Au cours de cet exercice161, un Rafale s’approche d’un ravitailleur pour faire le plein, étendant ainsi son rayon d’action essentiel à un raid nucléaire à longue distance. Quarante avions, dont des Rafale, Mirage 2000, des appareils radar AWACS et des ravitailleurs A330 MRTT, ont été déployés au-dessus d’une vaste partie du territoire français.
Cette opération a lieu dans un contexte de tensions croissantes, notamment en raison de la situation au Golfe, où l'armée de l’Air est également engagée. Le général Etienne Gourdain, commandant en second des Forces Aériennes Stratégiques (FAS), a déclaré que cet exercice vise à affirmer la "crédibilité opérationnelle" de la dissuasion française.
"C'est un moyen de démontrer à notre adversaire notre capacité à exercer la mission".

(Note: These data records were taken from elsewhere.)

// A call that had entered leaves.
ghost use Rattle.std.specs.Prelude.{◌≡◌, ◌≤◌, ◌+◌, ◌*◌, ℕ, List, IfOk, IsOk, OnOk, length, map, vec_capacity};
ghost use Rattle.command_tables.specs.Calls.{CallContent, call_content};
ghost use Rattle.model_driver.specs.Driver.{reply_shown};
ghost use Rattle.chain_model.specs.Simulated.{born_flags};
ghost use Rattle.terminator.specs.Calls.{born_where, drivers_for};
ghost use Rattle.dispatch_chain.specs.Holding.{IsHeldOf};
ghost use Rattle.dispatch_chain.specs.Seats.{kinds_of};
ghost use Rattle.dispatch_chain.specs.Room.{AllHaveBirths, KeepUses};
ghost use Rattle.terminator.specs.Room.{HasRoomForResults, bytes_with};
ghost use Rattle.session_parts.specs.Leaving.{ComesUp, HasComeUp, KeepsChain, MayComeUp, chain_up, opened_again, rising_again, rising_of};
ghost use Rattle.session_parts.specs.Opened.{returning_shown};
ghost use Rattle.session_parts.specs.Opening.{begin_content};
ghost use Rattle.session_parts.specs.Room.{HasRoomToComeUp, TakesResults};
ghost use Rattle.session_parts.specs.Scratch.{FitLists};

use crate::opening::Beginning;
use crate::parts::SessionParts;
use crate::raising::{lost_results, put_flags};
use crate::recalling::put_again;
use crate::results::put_made;
use crate::returning_call::ReturningCall;
use command_tables::{LayerCall, NoMemory};
use dispatch_chain::{DispatchTable, Held, walk_leave};
use model_driver::DriverReply;
use replay_model::Born;
use trace_format::Name;

// Flagged results of a call that was sent come up to those above the first part.
fn rise_flagged(
    table: &DispatchTable,
    parts: &mut SessionParts,
    thread: u32,
    call: &LayerCall,
    held: &Held,
    replies: &[DriverReply],
    made: &[Born],
    lost: &[Name],
    results: &mut [u64],
) -> Result<(), NoMemory>
    requires table { table.now.rows ≡ kinds_of parts.old.states.kept }
    requires flags { born_where results.old ≡ born_flags made.now lost.now }
    requires may { MayComeUp parts.old (record { thread = thread; call = call_content call.now; replies = map reply_shown replies.now; made = made.now; lost = lost.now }) held.now }
    ensures chain { OnOk result ((forms : List CallContent) → IsHeldOf held.now (kinds_of parts.old.states.kept) forms → KeepsChain parts.new.states.kept parts.new.terminator parts.new.names.kept.handed (chain_up parts.old (record { thread = thread; call = call_content call.now; replies = map reply_shown replies.now; made = made.now; lost = lost.now }) forms)) }
    ensures drivers { parts.new.terminator.drivers ≡ parts.old.terminator.drivers }
    ensures rest { parts.new.names.kept ≡ record parts.old.names.kept { handed = parts.new.names.kept.handed } }
    ensures kinds { kinds_of parts.new.states.kept ≡ kinds_of parts.old.states.kept }
    ensures succeeds { HasRoomForResults parts.old.terminator (call_content call.now) results.old → AllHaveBirths (length results.old) parts.old.states.rooms → length made.now ≤ parts.old.names.room.handed → IsOk result }
    ensures births { OnOk result ((n : ℕ) → AllHaveBirths (n + length results.old) parts.old.states.rooms → AllHaveBirths n parts.new.states.rooms) }
    ensures uses { OnOk result (KeepUses parts.old.states.rooms parts.new.states.rooms) }
    ensures spare { parts.old.terminator.spare ≤ parts.new.terminator.spare + length results.old }
    ensures values { parts.old.terminator.values ≤ parts.new.terminator.values + length results.old * length (drivers_for parts.old.terminator (call_content call.now)) }
    ensures bytes { parts.old.terminator.bytes ≤ parts.new.terminator.bytes + length results.old * bytes_with (call_content call.now) }
    ensures names_room { parts.new.names.room ≡ record parts.old.names.room { handed = parts.new.names.room.handed } }
    ensures handed_room { parts.old.names.room.handed ≤ parts.new.names.room.handed + length made.now }
{
    parts.terminator.leave(call, replies, results)?;
    walk_leave(table, &mut parts.states, thread, held, results)?;
    parts.names.hand_each(made, results)?;
    Ok(())
}

// Results of a call that was sent come up. `results` is any memory for them.
fn rise(
    table: &DispatchTable,
    parts: &mut SessionParts,
    thread: u32,
    call: &LayerCall,
    held: &Held,
    replies: &[DriverReply],
    made: &[Born],
    lost: &[Name],
    results: &mut Vec<u64>,
) -> Result<(), NoMemory>
    requires table { table.now.rows ≡ kinds_of parts.old.states.kept }
    requires may { MayComeUp parts.old (record { thread = thread; call = call_content call.now; replies = map reply_shown replies.now; made = made.now; lost = lost.now }) held.now }
    ensures chain { OnOk result ((forms : List CallContent) → IsHeldOf held.now (kinds_of parts.old.states.kept) forms → KeepsChain parts.new.states.kept parts.new.terminator parts.new.names.kept.handed (chain_up parts.old (record { thread = thread; call = call_content call.now; replies = map reply_shown replies.now; made = made.now; lost = lost.now }) forms)) }
    ensures drivers { parts.new.terminator.drivers ≡ parts.old.terminator.drivers }
    ensures rest { parts.new.names.kept ≡ record parts.old.names.kept { handed = parts.new.names.kept.handed } }
    ensures kinds { kinds_of parts.new.states.kept ≡ kinds_of parts.old.states.kept }
    ensures succeeds { length made.now + length lost.now ≤ vec_capacity results.old → ((hs : List ℕ) → length hs ≡ length made.now + length lost.now → HasRoomForResults parts.old.terminator (call_content call.now) hs) →
        AllHaveBirths (length made.now + length lost.now) parts.old.states.rooms → length made.now ≤ parts.old.names.room.handed → IsOk result }
    ensures births { OnOk result ((n : ℕ) → AllHaveBirths (n + (length made.now + length lost.now)) parts.old.states.rooms → AllHaveBirths n parts.new.states.rooms) }
    ensures uses { OnOk result (KeepUses parts.old.states.rooms parts.new.states.rooms) }
    ensures spare { parts.old.terminator.spare ≤ parts.new.terminator.spare + (length made.now + length lost.now) }
    ensures values { parts.old.terminator.values ≤ parts.new.terminator.values + (length made.now + length lost.now) * length (drivers_for parts.old.terminator (call_content call.now)) }
    ensures bytes { parts.old.terminator.bytes ≤ parts.new.terminator.bytes + (length made.now + length lost.now) * bytes_with (call_content call.now) }
    ensures names_room { parts.new.names.room ≡ record parts.old.names.room { handed = parts.new.names.room.handed } }
    ensures handed_room { parts.old.names.room.handed ≤ parts.new.names.room.handed + length made.now }
    ensures results_room { vec_capacity results.old ≤ vec_capacity results.new }
{
    put_flags(made, lost, results)?;
    rise_flagged(
        table, parts, thread, call, held, replies, made, lost, results,
    )
}

// What is born of a call that was sent comes up with these replies of its drivers, and is kept. Answers how many results are born.
fn come_up(
    table: &DispatchTable,
    parts: &mut SessionParts,
    returning: ReturningCall<'_>,
    call: &LayerCall,
    held: &Held,
    replies: &[DriverReply],
    born: &mut Vec<Born>,
    results: &mut Vec<u64>,
) -> Result<usize, NoMemory>
    requires table { table.now.rows ≡ kinds_of parts.old.states.kept }
    requires may { MayComeUp parts.old (rising_of parts.old (returning_shown returning) (call_content call.now) (map reply_shown replies.now)) held.now }
    ensures ok { IfOk result (HasComeUp parts.old (returning_shown returning.entry) (call_content call.now) held.now (map reply_shown replies.now) parts.new) }
    ensures succeeds { length returning.entry.results.now ≤ vec_capacity born.old → HasRoomToComeUp parts.old (returning_shown returning.entry) (call_content call.now) (vec_capacity results.old) → IsOk result }
    ensures room { OnOk result (TakesResults parts.old (returning_shown returning.entry) (call_content call.now) parts.new) }
    ensures born_room { vec_capacity born.old ≤ vec_capacity born.new }
    ensures results_room { vec_capacity results.old ≤ vec_capacity results.new }
    ensures kinds { kinds_of parts.new.states.kept ≡ kinds_of parts.old.states.kept }
{
    put_made(
        parts.names.objects(),
        parts.names.retrieved(),
        parts.terminator.drivers(),
        returning,
        born,
    )?;
    let lost = lost_results(returning.results, born);
    rise(
        table,
        parts,
        returning.thread,
        call,
        held,
        replies,
        born,
        lost,
        results,
    )?;
    parts.names.settle(returning, born)?;
    Ok(born.len())
}

/// A call that was sent leaves with these replies of its drivers, and what is born of it is kept. Answers how many are born. `results` is any
/// memory for its results. After `NoMemory` all is for dropping.
pub(crate) fn leave_sent(
    table: &DispatchTable,
    parts: &mut SessionParts,
    begin: Beginning,
    call: &LayerCall,
    held: &Held,
    replies: &[DriverReply],
    results: &mut Vec<u64>,
) -> Result<usize, NoMemory>
    requires table { table.now.rows ≡ kinds_of parts.old.states.kept }
    requires may { MayComeUp parts.old (rising_again parts.old (begin_content begin) (call_content call.now) (map reply_shown replies.now)) held.now }
    ensures ok { IfOk result (ComesUp parts.old (begin_content begin.entry) (call_content call.now) held.now (map reply_shown replies.now) parts.new) }
    ensures succeeds { FitLists parts.old.names.room.scratch.lists (map (λ a. a.names) (begin_content begin.entry).args) → length begin.entry.results.now ≤ parts.old.names.room.scratch.results → HasRoomToComeUp parts.old (opened_again parts.old (begin_content begin.entry) (call_content call.now)) (call_content call.now) (vec_capacity results.old) → IsOk result }
    ensures room { OnOk result (TakesResults parts.old (opened_again parts.old (begin_content begin.entry) (call_content call.now)) (call_content call.now) parts.new) }
    ensures results_room { vec_capacity results.old ≤ vec_capacity results.new }
    ensures kinds { kinds_of parts.new.states.kept ≡ kinds_of parts.old.states.kept }
{
    let mut scratch = parts.names.take_scratch();
    put_again(parts.names.named(), begin.args, call, &mut scratch.args)?;
    let returning = ReturningCall {
        number: 0,
        thread: begin.thread,
        cmd: begin.cmd,
        args: &scratch.args[..begin.args.len()],
        results: begin.results,
        code: begin.code,
        payload: begin.payload,
        stop: None,
        refused: false,
        drivers: &[],
    };
    let count = come_up(
        table,
        parts,
        returning,
        call,
        held,
        replies,
        &mut scratch.born,
        results,
    )?;
    parts.names.keep_scratch(scratch);
    Ok(count)
}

Emmanuel Macron, président et chef des armées, a récemment évoqué une possible augmentation du nombre de têtes nucléaires face aux menaces croissantes, ajoutant que la dissuasion devrait s'exercer au-delà des frontières françaises.
La simulation s’est intensifiée avec des vols à très basse altitude, les Rafale plongeant vers le centre de la France pour des tirs simulés, en évitant les radars ennemis.
Selon le colonel Clément, "on peut descendre à 50 mètres du sol en entraînement" pour éviter d’être détecté. Cet exercice permet également de tester la capacité à agir en mode dégradé et de confronter les équipages à des scénarios denses et réalistes, nécessaires en cas de conflit.
Des responsables britanniques ont même été invités à observer cet entraînement pour renforcer la coopération entre nations alliées. Bien que Poker soit une répétition essentielle, l’évaluation des performances reste rigoureuse, notamment en ce qui concerne les pertes simulées.
"On envisage que tout le monde ne réussisse pas à atteindre l'objectif", admet le colonel Clément.
Pour conclure, l'exercice Poker est plus qu'une simple simulation; il constitue une démonstration de force stratégique au service de la sécurité nationale.